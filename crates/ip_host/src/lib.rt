//! The store's outside in a real system: its folder, standard output, standard input, and the processes that are its
//! children. A real folder tells nothing of its content, so what is proved of it is that no call does harm, that each
//! fault is counted, that the folder is the one which was named, that a read says no more bytes than there is room for,
//! and what each file is called. Of a child it is which attempt is held, what was counted, the folder, the job and the
//! words that it is started with, and how its status is told. That the system keeps what is written, syncs what is
//! synced, and starts and ends what it is told to, is not proved.
#![tactic(auto)]

mod causes;
mod children;
mod files;
mod folder;
mod names;
mod plain;
mod starter;
mod stdin;

pub use causes::{Cause, Subject};
pub use children::Children;
pub use folder::Folder;
pub use names::file_name;
pub use stdin::Stdin;
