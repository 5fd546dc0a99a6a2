// Standard input.
ghost use Rattle.std.specs.Prelude.{◌≡◌, ◌≤◌, IfOk, length};

use crate::causes::{Cause, Subject};
use ip_script::{Source, SourceCounts, SourceFault};
use std::io;
use std::io::{ErrorKind, Read};

/// A reader as a source, as standard input: it tells nothing of its bytes. A call gives what one read of the system
/// gives, so a line that a person or another program has written is answered before the next one is there; it waits
/// for no full buffer. A fault is a read that failed, other than by a signal that came between.
#[derive(Drop)]
pub struct Stdin<R: Read + Drop> {
    reader: R,
    faults: u64,
    // of the first fault
    cause: Option<Cause>,
}

impl<R: Read + Drop> Stdin<R> {
    /// The bytes that this reader has left.
    pub fn new(reader: R) -> Stdin<R>
        ensures { ⟦<Stdin<R> as Source>⟧.read_faults result ≡ 0 }
    {
        Stdin {
            reader,
            faults: 0,
            cause: None,
        }
    }

    /// The first fault that was counted.
    pub fn cause(&self) -> Option<Cause> {
        self.cause
    }

    // Keeps the first cause.
    fn keep(&mut self, error: &io::Error)
        ensures { self.new.faults ≡ self.old.faults }
    {
        if self.cause.is_none() {
            self.cause = Some(Cause::of("read", Subject::Input, error));
        }
    }
}

impl<R: Read + Drop> Source for Stdin<R> {
    ghost use Rattle.std.specs.Prelude.{false, []};

    ghost tells = { false };

    ghost left = { λ _. [] };

    ghost read_faults = { λ s. s.faults };

    fn next(&mut self, out: &mut [u8]) -> Result<usize, SourceFault> {
        match read_once(&mut self.reader, out) {
            Ok(n) => Ok(n),
            Err(error) => {
                self.keep(&error);
                self.faults = self.faults.saturating_add(1);
                Err(SourceFault)
            }
        }
    }

    fn counts(&self) -> SourceCounts {
        SourceCounts {
            read_faults: self.faults,
        }
    }
}

// Reads again where a signal came between.
fn read_once<R: Read>(reader: &mut R, out: &mut [u8]) -> io::Result<usize>
    ensures { IfOk result (λ n. n ≤ length out.old) }
{
    for _ in 0..u64::MAX {
        match reader.read(out) {
            Err(e) if e.kind() == ErrorKind::Interrupted => {}
            ended => return ended,
        }
    }
    Err(io::Error::from(ErrorKind::Interrupted))
}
□ □ □ □ □
Exercise objective:
Now copy each line of the entries that mentions "Option".

Task solution:
    cause: Option<Cause>,
    pub fn cause(&self) -> Option<Cause> {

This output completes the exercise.